According to CARD, the average SME margin for 2013 was $0.74 which included the discounted "blenders' tax credit," so the current non-soybean oil FAME margins are still lower than what existed in 2013, but they are improving. As this chart demonstrates, D4 RIN prices, which are discounted into the margin, are rapidly increasing. Every $0.01 change in the price of a D4 RIN adds $0.015 to the biodiesel margin, all else held equal.
So while things look awful for SME producers right now, that isn't true for the entire biodiesel industry, namely those that produce FAME. The other aspect the markets don't seem to grasp is that the biodiesel industry isn't like other industries, free market principles don't apply. Unlike most other industries, the biodiesel industry has the full coercive power of the EPA backing it. Continued negative margins for SME simply isn't sustainable. What will happen is that SME producers will shut down, the EPA will report weak biodiesel production numbers well below the level needed to reach the 2014 RVO, the D4 RINs will be bid up in anticipation of the 2014 RVO not being reached, margins will improve, and SME will start to be produced again. The key here is that FAME producers will be producing at profitable margins when SME producers shut down. Improving SME margins will simply strengthen FAME margins. When SME producers survive, FAME producers thrive, and SME has to survive to reach the RVO.

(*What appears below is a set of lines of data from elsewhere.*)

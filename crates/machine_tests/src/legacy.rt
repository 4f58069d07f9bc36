//! The pool before Vista on the machine.

use crate::expect::{expect_eq, expect_ok};
use pool_book::Book;
use recorded::{Recorded, program_limits};
use tp_base::calls::Call;
use tp_base::ids::{KernelId, RoutineId, Who};
use tp_legacy::{LegacyBook, LegacyCall};

/// A registration that isn't for once is armed anew by the worker that takes its callback: an entry more of the history,
/// which no line tells. One that is for once isn't.
#[test]
fn a_repeated_registration_is_armed_anew(rt: HostRuntime) {
    let (client, worker) = (Who::Client(1), Who::Worker(1));
    for once in [true, false] {
        let register = LegacyCall::Register {
            kernel: KernelId(1),
            routine: RoutineId(1),
            context: 0,
            millis: None,
            once,
        };
        let event = Call::CreateEvent {
            manual: false,
            signalled: true,
        };
        let opened = LegacyBook::<Book>::open(rt.alloc(), program_limits(1, 2), 20);
        let mut book = expect_ok(&rt, opened);
        book.step(client, LegacyCall::Pool { call: event });
        book.step(client, register);
        book.step(worker, LegacyCall::Pool { call: Call::Attach });
        book.step(worker, LegacyCall::Pool { call: Call::Take });
        expect_eq(&rt, book.book().len(), if once { 5 } else { 6 });
    }
}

The fly in the ointment to this theory is the possibility of the reinstatement of the "blenders' tax credit," but that really isn't a fly in the ointment to well capitalized companies like REGI. While margins were compressed in 2012 without the "blenders' tax credit" those who continued to produced were greatly rewarded when the "blenders' tax credit" was reinstated and made retroactive. After adjustments were made for the retroactive tax credit, every quarter of 2012 was profitable for REGI, and they went on a buying spree buying up companies that couldn't survive the lean times. SYNM shut down production during that lean time and never restarted the Dynamic Fuels plant, and is now being purchased by REGI. Government folly can have disastrous effects on companies. That is the lesson the graduate student in the ivory towers must learn most before they write any more of these confusing and market distorting laws. People can and do lose real money because of their mistakes.
In conclusion, the EPA's RFS2 program is an absolute mess, and the mess it has created generates confusion and uncertainty in the markets. That confusion and uncertainty however generates investment opportunities. The confusion and uncertainty generated by the EPA's indecision on the 2014 RVO, the unknown fate of the now expired "blenders' tax credit" and this being an election year, all present opportunities and risks for investors. Right now the D6 RINs are driving the D4 RINs higher, rapidly improving the margins for biodiesel. Because SME margins are currently negative, however, production is almost certain to decrease and the excess RINs from 2013 will be rapidly consumed to fulfill the 2014 SME production short fall. Once that happens, RINs will continue their trek upwards. Facts are, the RFS2 program doesn't allow for the RVO not to be reached, and for the RVO to be reached, SME must be made profitable. While a rapid resolution to the "blenders' tax credit" issue is unlikely, my understanding is that it will be part of a broader tax reform package, it has historically been made retroactive, so it is more a timing of cash flow issue to well capitalized firms, and may actually present an opportunity. REGI should report better than expected earnings on February 27, 2014. It is likely that they will make comments regarding current margins as well. If they do report better than expected 2014 margins, and report solid operating margins for their current production, I would imagine the markets will rapidly adjust their estimates for future earnings, and send REGI's PPS higher with them.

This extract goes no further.